Chroniques

par cecil ameil

Mahler Chamber Orchestra
Teodor Currentzis joue Britten et Chostakovitch

Palais des Beaux-arts, Bruxelles
- 5 septembre 2013
Teodor Currentzis en résidence à Bruxelles avec le Mahler Chamber Orchestra
© dr

Organisé en partenariat avec le Goethe Institut de Bruxelles, ce concert réunit au Mahler Chamber Orchestra le ténor anglais Ian Bostridge dans la Sérénade pour ténor, cor et cordes Op.31 de Benjamin Britten, puis le pianiste russe Alexander Melnikov dans le Concerto pour piano et orchestre en fa majeur Op.102 n°2 de Dmitri Chostakovitch.Enfin, l’orchestre seul joue la Symphonie en mi bémol majeur Op.70 n°9 du Pétersbourgeois. La salle Henry le Bœuf est comble (plus de deux mille places), le public détendu, l’ambiance assez bon enfant pour cette rentrée 2013 du BOZAR.

La Sérénade de Britten occupe manifestement une place spéciale dans l’œuvre du compositeur. Écrite à son retour des États-Unis, juste après les années de guerre en 1943, elle est considérée comme la première expression d’un engagement envers sa patrie et la culture anglaise. Composée autour de six poèmes couvrant quatre siècles de littérature anglaise et récités par un ténor, cette pièce magnifie également le cor qui l’ouvre, la ponctue et la clôt dans son expression la plus naturelle (jeu d’harmoniques sans piston). Seules des cordes composent les autres instruments qui jouent dans cette œuvre.

L’orchestre est dirigé par Teodor Currentzis, le talentueux mais controversé chef grec en résidence ici-même avec le Mahler Chamber Orchestra, qui ne laisse pas indifférent, ne serait-ce que par l’expressivité extrême qu’il recherche parfois dans les rythmes et les couleurs de tous les pupitres. Rien d’exagéré pourtant dans Britten, où la formation s’accorde avec Ian Bostridge (grand spécialiste du compositeur anglais) dans une belle harmonie, néanmoins sans éclat particulier.

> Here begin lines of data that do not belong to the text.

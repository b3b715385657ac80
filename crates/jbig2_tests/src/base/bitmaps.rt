//! Tests combinations of bitmaps: row R10.1.
ghost use Rattle.std.specs.Prelude.{◌≡◌};

use jbig2_base::bitmap::Bitmap;
use jbig2_base::bitmap::operator::CombinationOperator;
use jbig2_base::error::{DecodeError, Result};
use jbig2_permit::Permit;
use jbig2_steps::Steps;
use std::alloc::Global;
use std::marker::Brand;
use std::sync::ledger::{Blank, Ledger};

const OPERATORS: [CombinationOperator; 5] = [
    CombinationOperator::Or,
    CombinationOperator::And,
    CombinationOperator::Xor,
    CombinationOperator::Xnor,
    CombinationOperator::Replace,
];

const WIDTHS: [u32; 9] = [7, 8, 9, 31, 32, 33, 63, 64, 65];

/// The number of rows of both bitmaps.
const HEIGHT: u32 = 3;

/// The seeds for the pixels of the page and of the source.
const PAGE: u32 = 0x9E37_79B9;

const SOURCE: u32 = 0x7F4A_7C15;

/// Whether a pixel is black; the pixels look random.
fn is_black(seed: u32, x: u32, y: u32) -> bool {
    let mixed = (x.wrapping_mul(40503) ^ y.wrapping_mul(25717)).wrapping_mul(seed);
    (mixed >> 17) % 2 == 1
}

/// Draws these pixels onto a bitmap.
fn speckle<L: Ledger>(
    bitmap: &mut Bitmap<Global>,
    width: u32,
    seed: u32,
    steps: &mut Steps<L>,
) -> Result<()> {
    bitmap.reinitialize(width, HEIGHT, false, steps)?;
    for y in 0..HEIGHT {
        for x in 0..width {
            bitmap.set_pixel(x, y, is_black(seed, x, y), steps);
        }
    }
    Ok(())
}

/// The pixel of a source of this width, at a place that may lie outside.
fn source_pixel(width: u32, x: i64, y: i64) -> Option<bool> {
    let column = u32::try_from(x).ok()?;
    let row = u32::try_from(y).ok()?;
    if column >= width || row >= HEIGHT {
        return None;
    }
    Some(is_black(SOURCE, column, row))
}

/// The pixel of the page after it is combined with this pixel of the source, if there is one.
fn combined_pixel(operator: CombinationOperator, page: bool, source: Option<bool>) -> bool {
    let Some(source) = source else {
        return page;
    };
    match operator {
        CombinationOperator::Or => page | source,
        CombinationOperator::And => page & source,
        CombinationOperator::Xor => page ^ source,
        CombinationOperator::Xnor => page == source,
        CombinationOperator::Replace => source,
    }
}

/// Whether the page is what combining pixel by pixel gives.
fn is_combined<L: Ledger>(
    page: &Bitmap<Global>,
    operator: CombinationOperator,
    place: (i32, i32),
    steps: &mut Steps<L>,
) -> bool {
    let (left, top) = (i64::from(place.0), i64::from(place.1));
    for y in 0..page.height() {
        for x in 0..page.width() {
            let source = source_pixel(page.width(), i64::from(x) - left, i64::from(y) - top);
            let wanted = combined_pixel(operator, is_black(PAGE, x, y), source);
            if (page.get_pixel(x, y, steps) == 1) != wanted {
                return false;
            }
        }
    }
    true
}

/// Whether each operator gives the same as combining pixel by pixel, with the source at one place.
fn each_operator_agrees<L: Ledger>(
    page: &mut Bitmap<Global>,
    source: &Bitmap<Global>,
    place: (i32, i32),
    steps: &mut Steps<L>,
) -> Result<bool> {
    for operator in OPERATORS {
        speckle(page, source.width(), PAGE, steps)?;
        page.combine(source, place.0, place.1, operator, steps);
        if !is_combined(page, operator, place, steps) {
            return Ok(false);
        }
    }
    Ok(true)
}

/// Whether that is so at each place of the source.
fn each_place_agrees<L: Ledger>(
    page: &mut Bitmap<Global>,
    source: &Bitmap<Global>,
    steps: &mut Steps<L>,
) -> Result<bool> {
    for x in -70..71 {
        for y in -4..5 {
            if !each_operator_agrees(page, source, (x, y), steps)? {
                return Ok(false);
            }
        }
    }
    Ok(true)
}

/// Whether that is so for each width. Both bitmaps are made anew for each.
fn each_width_agrees<L: Ledger>(
    page: &mut Bitmap<Global>,
    source: &mut Bitmap<Global>,
    blank: Blank,
) -> Result<bool>
    requires name { blank.name ≡ L.name }
    requires parts { blank.parts ≡ L.parts }
    requires enough { blank.parts ≡ 7 }
{
    let mut steps: Steps<L> = Steps::new(Permit::grant(), blank);
    for width in WIDTHS {
        speckle(source, width, SOURCE, &mut steps)?;
        if !each_place_agrees(page, source, &mut steps)? {
            return Ok(false);
        }
    }
    Ok(true)
}

/// Compares combinations with a copy pixel by pixel. If memory runs out, everything is done once more.
#[test]
fn combinations_agree_with_a_copy_by_pixels(rt: HostRuntime) {
    let mut page = Bitmap::new_empty(rt.alloc());
    let mut source = Bitmap::new_empty(rt.alloc());
    let mut agree = each_width_agrees::<Brand>(&mut page, &mut source, Blank::new(7));
    if agree == Err(DecodeError::OutOfMemory) {
        agree = each_width_agrees::<Brand>(&mut page, &mut source, Blank::new(7));
    }
    assert!(rt; agree == Ok(true));
}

Le Deuxième Concerto pour piano de Chostakovitch paraît moins convaincant. Dès les premières notes du piano, sous les doigts d’un Alexander Melnikov manifestement peu à l’aise, on est troublé par une certaine approximation rythmique dans la périlleuse concordance avec l’orchestre qui caractérise le premier mouvement, sans qu’on sache vraiment à quoi l’imputer. Empreint d’une grande mélancolie, l’Andante semble plus probant ; alors que le même hiatus rythmique s’installe dans l’Allegro conclusif, d’une écriture pourtant moins tourmentée que l’épisode initial.

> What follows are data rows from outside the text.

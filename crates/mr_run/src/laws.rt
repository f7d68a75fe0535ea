//! Laws of runs.
ghost use Rattle.std.specs.Prelude.{◌≡◌, ◌+◌, ◌≤◌, [], length, true};
ghost use Rattle.mr_ast.specs.declared.program.Program.{Program};
ghost use Rattle.mr_event.specs.Predicted.{predicted};
ghost use Rattle.mr_sched.specs.declared.schedule.Schedule.{Schedule};
ghost use Rattle.mr_step.specs.StartRuns.{Legal, steps_of};
ghost use Rattle.mr_run.specs.Runs.{are_of_first};

/// A law: a run of thread 0 alone shows no race, so that who asks for its races needs no footprint.
pub fn one_thread_shows_no_race()
    ensures { (p : Program) (w : Schedule) → are_of_first w.entries ≡ true → predicted (steps_of p w) ≡ [] }
{}

/// A law: a run completes one step for each entry at most, and under a legal schedule one for each but the last at
/// least.
pub fn steps_and_entries()
    ensures most { (p : Program) (w : Schedule) → length (steps_of p w) ≤ length w.entries }
    ensures least { (p : Program) (w : Schedule) → Legal p w → length w.entries ≤ length (steps_of p w) + 1 }
{}
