//! The run of a program under a schedule: where it ends, what is kept of its steps, its races, and the witness for
//! the first of them. (MiniRust, lang: the machine; the witness is this project's.)
//!
//! The machine of `mr_step` steps by each entry, and lends the footprint of each step that completes. What is kept of
//! it the caller chooses by the type of a [`Record`]: [`Nothing`], the footprints (a `Vec`), or the footprints with
//! their clocks and races ([`Clocked`]). `specs/Runs.antt` says what a run comes to, by the definitions of
//! `mr_start`.
//!
//! - [`run`]: the machine behind the last entry of a legal schedule, and in the record what it keeps of all steps;
//!   or the first rule that the schedule breaks, at its place. Proved: exactly so, and memory apart there is no other
//!   answer.
//! - [`step`]: one entry of a run that goes on, for a caller that finds its entries as it goes.
//! - [`Clocked::steps`], [`Clocked::races`], [`Clocked::order`]: of a run so far the footprints, the predicted
//!   races, and clocks that tell what happens before what.
//! - [`race_of`]: the race that is listed for a step; [`witness_by`]: the kept or the short schedule of one of the
//!   races; [`first_witness`]: the witness for the first race, the kept or the short one.
//! - [`is_of_first`]: whether a schedule is of thread 0 alone.
//!
//! It hands on the [`Machine`] of `mr_step`, and what a step of it is refused for ([`StepFault`]).
//!
//! Laws: [`one_thread_shows_no_race`]; [`steps_and_entries`] (each entry completes one step at most, and each but the
//! last of a legal schedule does).
//!
//! Not promised: what a machine tells behind a want of memory in [`step`], and when memory runs out.
#![tactic(auto)]

mod alone;
mod clocked;
mod fault;
mod keeping;
mod laws;
mod running;
mod witnesses;

pub use alone::is_of_first;
pub use clocked::Clocked;
pub use fault::RunFault;
pub use keeping::{Nothing, Record};
pub use laws::{one_thread_shows_no_race, steps_and_entries};
pub use mr_event::{Footprint, OutOfMemory, Pair};
pub use mr_step::{Machine, StepFault};
pub use running::{run, step};
pub use witnesses::{Selection, first_witness, race_of, witness_by};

La Neuvième de Chostakovitch est sans doute la pièce la plus réussie du concert. On sent le chef très à son affaire, libre de conduire tous les instruments avec feu et précision à la fois – nous l’applaudissions d’ailleurs récemment dans Lady Macbeth de Mzensk [lire notre chronique du 13 avril 2013]. Les pupitres s’y expriment ensemble ou à tour de rôle, avec une mention particulière pour les petites percussions et les vents, incroyablement présents, le tout dans des jeux de questions-réponses formidablement rythmés, avec des mouvements amples et harmonieux. Ainsi entend-t-on une belle palette de sentiments qui caractérise la musique du compositeur russe (exubérance, sarcasme, mélancolie, gravité), dans une œuvre pourtant mal accueillie par la critique lorsqu’elle fut révélée au public en 1945.

Notons que Teodor Currentzis et le Mahler Chamber Orchestra se produiront deux autres fois : en novembre 2013, avec le pianiste Leif Ove Andsnes, et en mars 2014 avec le soprano Sophie Karthäuser. Également au programme de cette nouvelle saison du BOZAR, on notera plusieurs perles parmi les « vétérans » – Claudio Abbado, avec l’Orchestra Mozart Bologna et en compagnie de la pianiste Martha Argerich (29 septembre), Grigori Sokolov (13 novembre), Radu Lupu (21 novembre) et Nelson Freire (26 février) –, les « accomplis » – Vadim Repin (7 octobre), Philippe Jaroussky (22 octobre), Cecilia Bartoli (24 novembre), Andras Schiff (8 décembre), Thomas Hampson (11 janvier) et Andreas Scholl (25 janvier) – ou les plus jeunes : Boris Giltburg, le lauréat piano du Concours Reine Élisabeth de Belgique 2013 (9 octobre), Julia Fischer (27 novembre) et Sergueï Khatchatrian (14 février 2014).